The astrometric QA is defined with respect to a set of reference catalogs:
- DR7 where available (including the proper motions)
- UCAC2 plus r14 (the latter an internal USNO product filling in UCAC at declinations greater than 41 deg)
The astrometry QA results are summarized for DR9 and subsequent releases (“DR9+”)
in the following way:
- A description of the astrometric quality of each field is produced, the astromQAFields file, which can be downloaded directly (note, it is large at around 2.5 Gbytes). This file contains for each field in DR9+ an estimate of the DR9+ position offset relative to the set of reference catalogs and an indication of whether the field is catastrophically bad.
- There is a global picture of the offsets relative to the reference catalogs. The left side of the top row is blank by design, and just exists to verify that the color terms in the astrometry described above are applied properly. On the right side of the top row are the DR10 proper motions as a function of position.
- The subsequent rows show position offsets for each reference catalog, and proper motion offsets for SDSS DR7. The examples below illustrate the differences between the DR9+ astrometry and the UCAC2 plus r14 reference catalog, showing good agreement.
- There are some outlying regions in the comparison to SDSS DR7, which are due to catastrophic errors in the DR7 astrometry (in certain areas of runs 3358, 4829, 5960, 6074, and 6162).
- Additionally, there are some differences with respect to the DR7 proper motions at low Galactic latitude; this results from an error in DR7 runs processed through rerun 648 causing a number of stars to be misclassified as galaxies and contaminating the reference frame used for the proper motions. We believe that the DR9+ proper motions are superior in these areas.
- Finally, the proper motions values in DR9+ have been checked for photometrically identified “XDQSO” quasars from Bovy et al. (2011), in the bottom row of the astrometry QA page. These results are consistent with those found by Bond et al. (2010), who found a small (mas/yr) offset at low declination that may be related to refractive effects in the USNO-B catalog for these very blue sources.
- For each run, we produce plots of the comparisons to each reference catalog. For example, consider run 752. We provide overall offsets for each camcol, as well as the distribution of matched star offsets for each camcol as a function of field number. For DR7, we include a comparison of the proper motions. For some runs, DR7 did not include them so those are blank.
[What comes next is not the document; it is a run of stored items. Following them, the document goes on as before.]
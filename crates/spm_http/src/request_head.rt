ghost use Rattle.std.specs.Prelude.{◌≡◌, ◌<◌, ◌≤◌, ◌++◌, length, take, codes, All, IfOk, IsTrue, IsFalse};
ghost use Rattle.std.specs.Str.{str_eq_ignore_ascii_case};
ghost use Rattle.httparse.specs.Grammar.{RequestHead as Head, IsToken, HasNoRequest, MayBecomeRequest};
ghost use Rattle.httparse.specs.Spans.{IsHeaderWithin, IsRequestWithin, IsRequestOf, IsRequestAt, RequestExceeds};
ghost use Rattle.spm_http.specs.Request.{ReadsHead, IsProperPrefix, head_view};
ghost use Rattle.spm_http.specs.Parts.{accept_at, HasFewFields};
ghost use Rattle.spm_http.specs.declared.request_head.HttpFault.TheVariants.{Memory};

use crate::limits::{MAX_FIELDS, MAX_HEAD, front_of};
use httparse::spans::{EMPTY_HEADER_SPAN, HeaderSpan, RequestSpans, parse_request};
use httparse::{Error as ParseError, Status};
use spm_version::{Bytes, NoMemory, Text};
use std::alloc::{AllocError, Global};
use std::error::Error;
use std::fmt;

/// The head of a request (RFC 9112, section 3).
#[derive(Debug, Drop)]
pub struct RequestHead {
    /// The method.
    pub method: Text,
    /// The target, as it stands.
    pub target: Bytes,
    /// The value of the first field named Accept, in any case, without the white space around it.
    pub accept: Option<Bytes>,
    /// How many bytes the head has, its empty line included.
    pub length: u64,
}

/// Why no head was read.
#[derive(Clone, Copy, Debug, PartialEq, Eq)]
pub enum HttpFault {
    /// Fewer than 65,536 bytes were given, and more of them may make a head.
    Partial,
    /// The bytes are no head, or none ends within 65,536 bytes.
    Bad,
    /// Want of memory.
    Memory,
}

impl fmt::Display for HttpFault {
    fn fmt<W: fmt::Write>(&self, f: &mut fmt::Formatter<W>) -> fmt::Result {
        f.write_str(match self {
            HttpFault::Partial => "an unfinished request",
            HttpFault::Bad => "no request",
            HttpFault::Memory => "no memory",
        })
    }
}

impl Error for HttpFault {}

impl From<AllocError> for HttpFault {
    ghost from_gives = { λ _ e. e ≡ Memory };

    fn from(_e: AllocError) -> HttpFault {
        HttpFault::Memory
    }
}

impl RequestHead {
    /// A copy of the head.
    ///
    /// # Errors
    ///
    /// `NoMemory` alone.
    pub fn copy(&self, alloc: Global) -> Result<RequestHead, NoMemory>
        ensures { IfOk result (λ head. head ≡ self.now) }
    {
        let accept = match &self.accept {
            Some(accept) => Some(accept.copy(alloc)?),
            None => None,
        };
        Ok(RequestHead {
            method: self.method.copy(alloc)?,
            target: self.target.copy(alloc)?,
            accept,
            length: self.length,
        })
    }
}

/// Reads the head of a request at the front of the bytes; what follows it is left alone.
///
/// # Errors
///
/// See [`HttpFault`].
pub fn read_request(alloc: Global, bytes: &[u8]) -> Result<RequestHead, HttpFault>
    ensures { ReadsHead result bytes.now }
{
    let front = front_of(bytes, MAX_HEAD);
    let mut fields = [EMPTY_HEADER_SPAN; MAX_FIELDS];
    match parse_request(front, &mut fields) {
        Ok(Status::Complete(spans)) => Ok(head_of(alloc, front, &fields, spans)?),
        Ok(Status::Partial) => Err(unfinished(alloc, bytes)),
        Err(_) => Err(HttpFault::Bad),
    }
}

// What is read of the head that these spans cover.
fn head_of(
    alloc: Global,
    front: &[u8],
    fields: &[HeaderSpan],
    spans: RequestSpans,
) -> Result<RequestHead, NoMemory>
    requires within { IsRequestWithin front.now fields.now spans }
    requires of { IsRequestOf front.now fields.now spans }
    ensures { IfOk result (λ found. (head : Head) × IsRequestAt front.now fields.now spans head × (found ≡ head_view head)) }
{
    let method = text_of(alloc, spans.method.of(front))?;
    let target = Bytes::from_slice(alloc, spans.path.of(front))?;
    let accept = accept_of(alloc, front, &fields[..spans.headers])?;
    Ok(RequestHead {
        method,
        target,
        accept,
        length: spans.len as u64,
    })
}

// A token as a text.
fn text_of(alloc: Global, token: &[u8]) -> Result<Text, NoMemory>
    requires { IsToken token.now }
    ensures { IfOk result (λ text. text ≡ token.now) }
{
    match str::from_utf8(token) {
        Ok(text) => Text::from_str(alloc, text),
        Err(_) => unreachable!(),
    }
}

// The value of the first field named Accept, in any case.
fn accept_of(alloc: Global, front: &[u8], fields: &[HeaderSpan]) -> Result<Option<Bytes>, NoMemory>
    requires { All (IsHeaderWithin (length front.now)) fields.now }
    ensures { IfOk result (λ found. found ≡ accept_at front.now fields.now) }
{
    for field in fields {
        if is_accept(field.name.of(front)) {
            let value = Bytes::from_slice(alloc, field.value.of(front))?;
            return Ok(Some(value));
        }
    }
    Ok(None)
}

// Whether a field has the name Accept, in any case.
fn is_accept(name: &[u8]) -> bool
    ensures { result ≡ str_eq_ignore_ascii_case name.now (codes "accept") }
{
    name.eq_ignore_ascii_case(b"accept")
}

// What is told of bytes that are no head yet.
fn unfinished(alloc: Global, bytes: &[u8]) -> HttpFault
    requires none { HasNoRequest (take 65536 bytes.now) }
    requires may { MayBecomeRequest (take 65536 bytes.now) }
    ensures { ReadsHead (Err result) bytes.now }
{
    if bytes.len() >= MAX_HEAD {
        return HttpFault::Bad;
    }
    match is_full(alloc, bytes) {
        Ok(true) => HttpFault::Bad,
        Ok(false) => HttpFault::Partial,
        Err(_) => HttpFault::Memory,
    }
}

// Whether the bytes have all the fields that a head may have, and a begun one.
fn is_full(alloc: Global, bytes: &[u8]) -> Result<bool, NoMemory>
    ensures full { IfOk result (λ full. IsTrue full → ¬ (IsProperPrefix bytes.now)) }
    ensures in_value { IfOk result (λ full. IsFalse full → HasFewFields (bytes.now ++ codes "\n\n")) }
    ensures in_name { IfOk result (λ full. IsFalse full → HasFewFields (bytes.now ++ codes ":\n\n")) }
{
    if exceeds(alloc, bytes, b"\n\n")? {
        return Ok(true);
    }
    exceeds(alloc, bytes, b":\n\n")
}

// Whether the bytes with this end have more fields than a head may have.
fn exceeds(alloc: Global, bytes: &[u8], end: &[u8]) -> Result<bool, NoMemory>
    ensures over { IfOk result (λ over. IsTrue over → RequestExceeds 64 (bytes.now ++ end.now)) }
    ensures few { IfOk result (λ over. IsFalse over → HasFewFields (bytes.now ++ end.now)) }
{
    let mut text = Vec::from_slice(alloc, bytes)?;
    text.extend_from_slice(end)?;
    Ok(has_too_many(text.as_slice()))
}

// Whether a head has begun with more fields than a head may have.
fn has_too_many(text: &[u8]) -> bool
    ensures over { IsTrue result → RequestExceeds 64 text.now }
    ensures few { IsFalse result → HasFewFields text.now }
{
    let mut fields = [EMPTY_HEADER_SPAN; MAX_FIELDS];
    match parse_request(text, &mut fields) {
        Err(error) => error == ParseError::TooManyHeaders,
        Ok(_) => false,
    }
}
Caveats on DR8 astrometric calibration
The DR8 astrometric calibrations were substantially degraded relative to the DR7 astrometric calibrations, particularly at declinations northward of about 41 deg. These errors have a much smaller, but non-zero, effect on the DR8 proper motions. We recommend using the DR9+ astrometry and proper motions, which are available in the DR9+ releases, or in the
properMotionsDR9 tables of the DR9+ CAS.
Note in particular that the proper motions tabulated in the CAS were only mildly affected by these problems. The primary effects on the proper motions are to introduce an additional systematic error with color of order 0.5 mas/yr, and to introduce an additional source of error for stars with declinations above 41 deg, of order 1 mas/yr.